Studio711.com – Ben Martens

Online Church Services

Pastor, Dave (our main organist) and I have been rapidly figuring out how to put together online church services more efficiently. The first week was Pastor recording from his laptop in his living room but now we’re doing full services recorded at church with multiple camera angles, music, hymns, and liturgy. It’s far from a professional operation and this makes me want to upgrade our gear even more, but we’re certainly doing a lot with what we have available.

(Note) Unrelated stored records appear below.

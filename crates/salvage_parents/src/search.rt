//! The search for keys by their parents.

ghost use Rattle.std.specs.Prelude.{◌≡◌, ◌≤◌, ◌++◌, ◌/◌, map, length, slice_get, IfOk, OnOk};
ghost use Rattle.salvage_bins.specs.Ground.{ground_of};
ghost use Rattle.salvage_walk.specs.Remembered.{Remembers};
ghost use Rattle.salvage_walk.specs.Walked.{state_of};
ghost use Rattle.salvage_parents.specs.Naming.{AreNaming};
ghost use Rattle.salvage_parents.specs.Search.{found_line, salvaged_by_parents, searched, searched_by, search_from, search_step, tree_and_said};
ghost use Rattle.salvage_parents.specs.Seen.{search_seen};
ghost use Rattle.salvage_parents.specs.declared.search.ParentLine.TheVariants as parents;

use crate::draft::Draft;
use crate::index::index_of;
use nt_bytes::{Names, Row, Units};
use reg_tree::Key;
use salvage_bins::DamagedCells;
use salvage_walk::{Incomplete, Lists, Walk, WalkLine, WalkedTree, walk_tree};
use std::alloc::{AllocError, Global};
use std::collections::BTreeMap;

/// What is printed while keys are looked for by their parents.
#[derive(Drop)]
pub enum ParentLine {
    /// A line of the walk.
    Walked(WalkLine),
    /// This many children were found of the key at this path.
    Found(usize, Names),
}

/// What is salvaged of a tree, the lines of the walk, and those after them.
#[derive(Drop)]
pub struct SearchedTree {
    pub tree: Option<Key>,
    pub lines: Row<WalkLine>,
    pub said: Row<ParentLine>,
}

/// The tree so far, what is used, what was printed, and the keys of which children may be missing.
#[derive(Drop)]
pub(crate) struct Searching {
    pub(crate) draft: Draft,
    pub(crate) walk: Walk,
    pub(crate) said: Row<ParentLine>,
    pub(crate) notes: Row<Incomplete>,
}

// The incomplete key at a place of the list.
fn at_place(
    alloc: Global,
    notes: &Row<Incomplete>,
    place: usize,
) -> Result<Option<Incomplete>, AllocError>
    ensures { IfOk result (λ o. o ≡ slice_get notes.now place) }
{
    match notes.get(place) {
        Some(own) => Ok(Some(Incomplete {
            at: own.at,
            path: own.path.copy(alloc)?,
        })),
        None => Ok(None),
    }
}

// Says these lines of the walk.
fn say_walked(said: &mut Row<ParentLine>, lines: Vec<WalkLine>) -> Result<(), AllocError>
    ensures { OnOk result (said.new ≡ said.old ++ map parents.Walked lines.items) }
{
    let mut rest = lines.into_iter();
    'lines: while let Some(line) = rest.next() {
        said.push(ParentLine::Walked(line))?;
    }
    Ok(())
}

// Says how many children were found of the key at a path, if any.
fn say_found(said: &mut Row<ParentLine>, count: usize, path: Names) -> Result<(), AllocError>
    ensures { OnOk result (said.new ≡ said.old ++ found_line count path) }
{
    if count == 0 {
        return Ok(());
    }
    said.push(ParentLine::Found(count, path))
}

// Looks for the children of an incomplete key.
#[tactic(auto, unfolding(crate::specs::Search::search_step))]
fn step(
    alloc: Global,
    cells: &DamagedCells<'_>,
    index: &BTreeMap<u32, Vec<u32>>,
    search: &mut Searching,
    lists: &mut Lists,
    own: Incomplete,
) -> Result<(), AllocError>
    requires naming { AreNaming (ground_of cells.now) index.now }
    requires remembered { Remembers (ground_of cells.now) (state_of search.old.walk).claims lists.old }
    ensures stepped { OnOk result (search_seen search.new ≡ search_step (ground_of cells.now) own (search_seen search.old)) }
    ensures listed { OnOk result (Remembers (ground_of cells.now) (state_of search.new.walk).claims lists.new) }
{
    let count = search.draft.adopt_at(
        alloc,
        cells,
        index,
        &mut search.walk,
        lists,
        &mut search.notes,
        &own,
        own.path.as_slice(),
    )?;
    let lines = search.walk.take_lines(alloc);
    say_walked(&mut search.said, lines)?;
    say_found(&mut search.said, count, own.path)
}

// Goes through the incomplete keys, and those that become so.
#[tactic(auto, using(crate::proofs::SearchLemmas::search_steps))]
fn search(
    alloc: Global,
    cells: &DamagedCells<'_>,
    index: &BTreeMap<u32, Vec<u32>>,
    search: &mut Searching,
    lists: &mut Lists,
) -> Result<(), AllocError>
    requires naming { AreNaming (ground_of cells.now) index.now }
    requires remembered { Remembers (ground_of cells.now) (state_of search.old.walk).claims lists.old }
    requires small { length cells.now.bytes.now ≤ 268435456 }
    ensures { OnOk result (search_seen search.new ≡ searched (ground_of cells.now) (ground_of cells.now).slots 0 (search_seen search.old)) }
{
    let mut place = 0;
    let mut left = cells.bytes.len() / 8;
    'keys: while left > 0 {
        match at_place(alloc, &search.notes, place)? {
            None => return Ok(()),
            Some(own) => step(alloc, cells, index, search, lists, own)?,
        }
        place += 1;
        left -= 1;
    }
    Ok(())
}

// Goes through them by an index of the cells.
fn search_all(
    alloc: Global,
    cells: &DamagedCells<'_>,
    searching: &mut Searching,
) -> Result<(), AllocError>
    requires { length cells.now.bytes.now ≤ 268435456 }
    ensures { OnOk result (search_seen searching.new ≡ searched (ground_of cells.now) (ground_of cells.now).slots 0 (search_seen searching.old)) }
{
    let index = index_of(alloc, cells)?;
    let mut lists = Lists::new(alloc, &searching.walk);
    search(alloc, cells, &index, searching, &mut lists)
}

// The tree so far, and what was printed.
fn tree_and_said(alloc: Global, searching: Searching) -> Result<(Key, Row<ParentLine>), AllocError>
    ensures { IfOk result (λ r. (r.0, r.1) ≡ tree_and_said (search_seen searching)) }
{
    Ok((searching.draft.closed(alloc)?, searching.said))
}

// The search below a tree.
fn search_below(
    alloc: Global,
    cells: &DamagedCells<'_>,
    tree: Key,
    walk: Walk,
    notes: Row<Incomplete>,
) -> Result<(Key, Row<ParentLine>), AllocError>
    requires { length cells.now.bytes.now ≤ 268435456 }
    ensures { IfOk result (λ r. (r.0, r.1)
        ≡ tree_and_said (searched (ground_of cells.now) (ground_of cells.now).slots 0 (search_from tree (state_of walk) notes))) }
{
    let draft = Draft::of(alloc, tree)?;
    let said = Row::new(alloc);
    let mut searching = Searching {
        draft,
        walk,
        said,
        notes,
    };
    search_all(alloc, cells, &mut searching)?;
    tree_and_said(alloc, searching)
}

// What is salvaged of a tree that was walked.
fn search_by(
    alloc: Global,
    cells: &DamagedCells<'_>,
    walked: WalkedTree,
) -> Result<SearchedTree, AllocError>
    requires { length cells.now.bytes.now ≤ 268435456 }
    ensures { IfOk result (λ s. s ≡ searched_by (ground_of cells.now) walked.notes (walked.tree, state_of walked.walk)) }
{
    let WalkedTree {
        tree,
        mut walk,
        notes,
    } = walked;
    let lines = Row::from_vec(walk.take_lines(alloc));
    match tree {
        None => Ok(SearchedTree {
            tree: None,
            lines,
            said: Row::new(alloc),
        }),
        Some(tree) => {
            let (tree, said) = search_below(alloc, cells, tree, walk, notes)?;
            Ok(SearchedTree {
                tree: Some(tree),
                lines,
                said,
            })
        }
    }
}

/// The tree that is salvaged from a root, with the children that no list names but that name their parents, and what is printed on the
/// way. There is an answer for any cells; the bytes are at most 256 MiB.
#[tactic(auto, unfolding(crate::specs::Search::salvaged_by_parents))]
pub fn salvage_by_parents(
    alloc: Global,
    cells: &DamagedCells<'_>,
    root: u32,
) -> Result<SearchedTree, AllocError>
    requires { length cells.now.bytes.now ≤ 268435456 }
    ensures { IfOk result (λ s. s ≡ salvaged_by_parents (ground_of cells.now) root) }
{
    let walked = walk_tree(alloc, cells, root)?;
    search_by(alloc, cells, walked)
}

Here’s our basic flow for the week:

  • Pastor records the liturgy and children’s sermon. Those get copied to the computer at church and then it slowly uploads it to our Backblaze cloud backup provider so that I can download it. I usually have the files by Wednesday or Thursday. There is an MP4 file from each of the camcorders and the audio from the mics ends up on a DVD.
  • Pastor records the next day and sends those to me the same way.
  • Dave records pre and post service music along with all of the hymns and liturgy. He can get a WAV output file from his organ/computer at home and those files go on Dropbox.
  • As the files come in from Pastor, I strip the audio out of the DVD files, align it with each of the video files and then I align the video files with each other so I can switch camera angles.
  • From there I watch all the video, cut out the spots where Pastor may have done multiple takes, and remove all the points where the cameras are being moved, etc.
  • For the hymns and Dave’s music, I need to have something to display on screen. We’re using only the public domain hymns so I’m able to get images of the hymns and display those.
  • That would be sufficient but I’ve been adding some polish on them as well:
    • Normalize the audio. Speaking is -7dB and organ is -10dB.
    • Run a dialogue processor over Pastor’s audio to try and clean it up a little. Our microphone setup is really basic. It sounds fine in church but on a recording, it’s not great. This helps a tiny amount.
    • Add titles at various points in the service.
    • Sometimes I’ll do a little color correction on the video and I try to rotate it to make sure it’s perfectly aligned.
    • At any point where the viewers are invited to sing along, I started making animated highlights that show what is being sung.
    • Add subtitles for all Bible readings and the Apostles Creed
  • Once everything is done, I render the video to a single MP4 file. Thanks to my new PC build, this only takes about 15-20 minutes. I end up with a file between 1.5 and 2GB.
  • That file gets uploaded to both YouTube and Facebook. We get better numbers when the files are posted in each place natively instead of posting a link to YouTube from Facebook. Each of those videos needs to have all the metadata tags filled out and I make a description with timecodes for each key point in the service. Then I pick a thumbnail and schedule the release for 8am on Sunday morning.

Then I’m done! With any luck I’m done early afternoon on Saturday, but we’re getting better and Pastor is moving his schedule up so I think that soon I’ll have a week where I’m done by Friday.

Then on Sunday morning, I sit down with Tyla and Elijah to watch the service. I try hard to focus on the message but in the back of my mind I’m always cringing a little bit wondering if there’s going to be some huge mistake in the video. So far so good.